PURPOSE - We investigated, in nonarteritic anterior ischemic optic neuropathy, the prevalence of various systemic diseases before or at its onset and the incidence of subsequent morbidity and mortality.
METHODS - We investigated prospectively the presence of systemic diseases before or at the onset of nonarteritic anterior ischemic optic neuropathy in 406 patients. The information was obtained by complete medical history and physical examination. The prevalence rates of systemic diseases in young, middle-aged, and elderly groups were compared with those in the general population. We also analyzed the influence of systemic diseases on subsequent morbidity and mortality.

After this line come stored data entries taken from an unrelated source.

//! A call whose contract follows from a law. It stands in a file of its own: the toolchain refuses a clause about an
//! array in a file that imports `DataType` from a crate that passes it on.
ghost use Rattle.std.specs.Prelude.{◌≡◌, IfOk};
ghost use Rattle.dethrugn.specs.Column.{slots_of};

use dethrugn::array::Utf8Array;
use dethrugn::buffer::Buffer;
use dethrugn::compute::cast::widen_utf8;
use dethrugn::error::Error;
use dethrugn::laws::BytesAround;
use dethrugn::laws::kernels::retyped_slots;
use std::alloc::Global;

/// Returns the same slots over offsets of 64 bits. The contract of `widen_utf8` names the column that
/// it makes, and a law says that this column has the same slots. A law is a function with an empty
/// body, which is called where its fact is needed. It takes two types: of what lies around the items
/// and of an item.
pub(crate) fn widen(alloc: Global, names: &Utf8Array<i32>) -> Result<Utf8Array<i64>, Error>
    ensures { IfOk result (λ wide. slots_of wide ≡ slots_of names.now) }
{
    retyped_slots::<BytesAround, Buffer<u8>>();
    widen_utf8(alloc, names)
}
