//! Marks that are read and written 512 at a time, as the bits of eight words.
ghost use Rattle.std.specs.Prelude.{◌≡◌, ℕ, ◌+◌, ◌*◌, ◌<◌, ◌≤◌, length};
ghost use Rattle.arrow_bitmap.specs.Marks.{block_mark, mark_at};

use std::simd::prelude::*;

/// Returns the marks of the 64 bytes from byte `first` on.
#[inline(always)]
pub(crate) fn whole_block(bytes: &[u8], first: usize) -> u64x8
    requires { first + 64 ≤ length bytes.now }
    ensures { (k : ℕ) → k < 512 → block_mark result k ≡ mark_at bytes.now (8 * first + k) }
{
    u64x8::from_le_bytes(u8x64::from_slice(&bytes[first..]))
}

/// Returns the 512 marks from bit `shift` of byte `first` on. The bits that the low words lack are the high bits of the
/// words that begin one byte later; the other bits of these are the same marks.
#[inline(always)]
pub(crate) fn block_at(bytes: &[u8], first: usize, shift: usize) -> u64x8
    requires some { first + 64 < length bytes.now }
    requires within { shift < 8 }
    ensures { (k : ℕ) → k < 512 → block_mark result k ≡ mark_at bytes.now (8 * first + shift + k) }
{
    let (low, high) = (whole_block(bytes, first), whole_block(bytes, first + 1));
    low >> u64x8::splat(shift as u64) | high << u64x8::splat((8 - shift) as u64)
}

/// Returns the 512 marks from `place` on, in one reading of the bytes if they begin with one.
#[inline(always)]
pub(crate) fn block_from(bytes: &[u8], place: usize) -> u64x8
    requires { place + 512 ≤ 8 * length bytes.now }
    ensures { (k : ℕ) → k < 512 → block_mark result k ≡ mark_at bytes.now (place + k) }
{
    let first = place / 8;
    let shift = place % 8;
    if shift == 0 {
        return whole_block(bytes, first);
    }
    block_at(bytes, first, shift)
}

/// Writes 512 marks, the bits of eight words, over the 64 bytes from byte `at` on.
#[inline(always)]
pub fn write_block(target: &mut [u8], at: usize, block: u64x8)
    requires { at + 64 ≤ length target.old }
    ensures marks { (k : ℕ) → k < 512 → mark_at target.new (8 * at + k) ≡ block_mark block k }
    ensures kept { (i : ℕ) → i < 8 * at → mark_at target.new i ≡ mark_at target.old i }
    ensures len { length target.new ≡ length target.old }
{
    block.to_le_bytes().copy_to_slice(&mut target[at..]);
}
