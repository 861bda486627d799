//! The text of all slots of an entry, which are read where they lie, so that none of them is copied.
ghost use Rattle.std.specs.Prelude.{◌<◌, ◌∷◌, [], OnOk, length, option_copied};
ghost use Rattle.std.specs.List.{join_with_byte};
ghost use Rattle.arrow_entry.specs.Entry.{value_of};
ghost use Rattle.arrow_entry.specs.Slot.{stored_ref};
ghost use Rattle.arrow_syntax.specs.Text.{AppendsText, answers_text, bracketed, item_text};
ghost use Rattle.arrow_syntax.specs.Words.{space};
ghost use Rattle.arrow_interpreter.specs.Listing.{AppendsSlotText, gap, slot_texts};
ghost use Rattle.arrow_table.specs.Listed.{listed};

use arrow_entry::{Entry, SlotRef};
use arrow_syntax::print::{push_bit, push_bytes, push_value};
use arrow_types::offset::Offset;
use std::alloc::AllocError;

/// Appends the text of what a slot stores.
#[inline(always)]
fn push_slot_ref(text: &mut String, item: SlotRef<'_, i64>) -> Result<(), AllocError>
    ensures { OnOk result (AppendsText text.old text.new (item_text (stored_ref item.entry))) }
{
    match item {
        SlotRef::Value(number) => push_value(text, number),
        SlotRef::Bit(bit) => push_bit(text, bit),
        SlotRef::Bytes(bytes) => push_bytes(text, 'x', bytes),
        SlotRef::Text(word) => push_bytes(text, 't', word.as_bytes()),
    }
}

/// Appends the text of the slot at a place.
#[tactic(auto, using(arrow_entry::proofs::CallerLemmas::slot_reads))]
#[inline(always)]
fn push_slot_at<O: Offset>(
    text: &mut String,
    entry: &Entry<i64, O>,
    i: usize,
) -> Result<(), AllocError>
    requires { i < length (value_of entry.now).column.rows }
    ensures { OnOk result (AppendsSlotText (value_of entry.now) i text.old text.new) }
{
    if entry.is_null(i) {
        return text.push_str("_");
    }
    push_slot_ref(text, entry.slot_ref(i))
}

/// Appends the space before a slot; the first slot has none.
#[inline(always)]
fn push_gap(text: &mut String, i: usize) -> Result<(), AllocError>
    ensures { OnOk result (AppendsText text.old text.new (gap i)) }
{
    if i == 0 {
        return Ok(());
    }
    text.push_str(" ")
}

/// Appends the text of all slots, with a space between each two.
fn push_joined<O: Offset>(text: &mut String, entry: &Entry<i64, O>) -> Result<(), AllocError>
    ensures { OnOk result (AppendsText text.old text.new (join_with_byte space (slot_texts (value_of entry.now)))) }
{
    for i in 0..entry.len() {
        push_gap(text, i)?;
        push_slot_at(text, entry, i)?;
    }
    Ok(())
}

/// Appends the text of all slots of what an entry holds, in brackets.
fn push_slots<O: Offset>(text: &mut String, entry: &Entry<i64, O>) -> Result<(), AllocError>
    ensures { OnOk result (AppendsText text.old text.new (bracketed (slot_texts (value_of entry.now)))) }
{
    text.push_str("[")?;
    push_joined(text, entry)?;
    text.push_str("]")
}

/// Appends the line of all slots of what an entry holds, or `not met` if it holds nothing.
pub(crate) fn push_listed<O: Offset>(
    text: &mut String,
    found: Option<&Entry<i64, O>>,
) -> Result<(), AllocError>
    ensures { OnOk result
        (AppendsText text.old text.new (answers_text (listed (option_copied found.entry) ∷ []))) }
{
    match found {
        Some(entry) => push_slots(text, entry)?,
        None => text.push_str("not met")?,
    }
    text.push_str("\n")
}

RESULTS - Compared with the prevalences reported in the general population, our patients in each of the three age groups showed a significantly higher prevalence of arterial hypertension (P < or = .02), diabetes mellitus (P < .01), and gastrointestinal ulcer (P < or = .02). Also, middle-aged and elderly patients showed a significantly higher prevalence of ischemic heart disease (P < .01) and thyroid disease (P < .01). Middle-aged patients had significantly higher rates of chronic obstructive pulmonary disease and cerebrovascular disease (P < or = .01). After onset of anterior ischemic optic neuropathy, patients with both arterial hypertension and diabetes mellitus had a significantly higher incidence of cerebrovascular disease (P < .01).

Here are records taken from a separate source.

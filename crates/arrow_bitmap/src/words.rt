//! Marks that are read and appended 64 at a time, as the bits of a word, the least significant
//! first.
ghost use Rattle.std.specs.Prelude.{◌≡◌, ℕ, ◌+◌, ◌-◌, ◌*◌, ◌^◌, ◌<◌, ◌≤◌, ◌==◌, ◌++◌, length, vec_len, OnOk};
ghost use Rattle.std.specs.Int.{bit_at};
ghost use Rattle.arrow_bitmap.specs.Marks.{bits_of, mark_at, marks};

use crate::copy::join_byte;
use std::alloc::AllocError;

/// Returns the marks of eight bytes from byte `first` on as the bits of a word.
#[inline(always)]
fn whole_word(bytes: &[u8], first: usize) -> u64
    requires { first + 8 ≤ length bytes.now }
    ensures { (k : ℕ) → k < 64 → (bit_at result k == 1) ≡ mark_at bytes.now (8 * first + k) }
{
    u64::from_le_bytes([
        bytes[first],
        bytes[first + 1],
        bytes[first + 2],
        bytes[first + 3],
        bytes[first + 4],
        bytes[first + 5],
        bytes[first + 6],
        bytes[first + 7],
    ])
}

/// Returns the bits of a word from `shift` on, followed by as many bits of the next byte as the
/// word has room for.
#[inline(always)]
fn moved_word(word: u64, next: u8, shift: usize) -> u64
    requires some { 0 < shift }
    requires within { shift < 8 }
    ensures low { (k : ℕ) → shift + k < 64 → bit_at result k ≡ bit_at word (shift + k) }
    ensures high { (k : ℕ) → k < 64 → 64 ≤ shift + k → bit_at result k ≡ bit_at next (shift + k - 64) }
{
    word >> shift | (next as u64) << (64 - shift)
}

/// Returns the 64 marks from `place` on as the bits of a word.
#[inline(always)]
pub(crate) fn word_at(bytes: &[u8], place: usize) -> u64
    requires { place + 64 ≤ 8 * length bytes.now }
    ensures { (k : ℕ) → k < 64 → (bit_at result k == 1) ≡ mark_at bytes.now (place + k) }
{
    let first = place / 8;
    let shift = place % 8;
    let word = whole_word(bytes, first);
    if shift == 0 {
        return word;
    }
    moved_word(word, bytes[first + 8], shift)
}

/// Appends the first bits of a word behind the first marks: those that fill the last byte, and the
/// others as eight bytes, of which those that are needed stay.
pub(crate) fn extend_from_word(
    bytes: &mut Vec<u8>,
    len: usize,
    word: u64,
    count: usize,
) -> Result<(), AllocError>
    requires within { len ≤ 8 * vec_len bytes.old }
    requires fits { len + count < 2 ^ 64 }
    requires count { count ≤ 64 }
    ensures ok { OnOk result (marks bytes.new.items 0 (len + count) ≡ marks bytes.old.items 0 len
        ++ bits_of word count) }
    ensures room { OnOk result (len + count ≤ 8 * vec_len bytes.new) }
    ensures kept { marks bytes.new.items 0 len ≡ marks bytes.old.items 0 len }
    ensures room_left { len ≤ 8 * vec_len bytes.new }
{
    // Bits behind the last mark have no meaning, so they may be written before memory is allocated.
    join_byte(bytes, len, (word % 256) as u8);
    let head = (8 - len % 8) % 8;
    let rest = (word >> head).to_le_bytes();
    bytes.extend_from_slice(&rest)?;
    bytes.truncate((len + count).div_ceil(8));
    Ok(())
}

CONCLUSIONS - Nonarteritic anterior ischemic optic neuropathy is a multifactorial disease in which some systemic diseases may act as predisposing factors and others as precipitating factors. Patients with anterior ischemic optic neuropathy show no significant increase in mortality, but those with both arterial hypertension and diabetes mellitus have significantly (P < .01) increased incidence of cerebrovascular disease.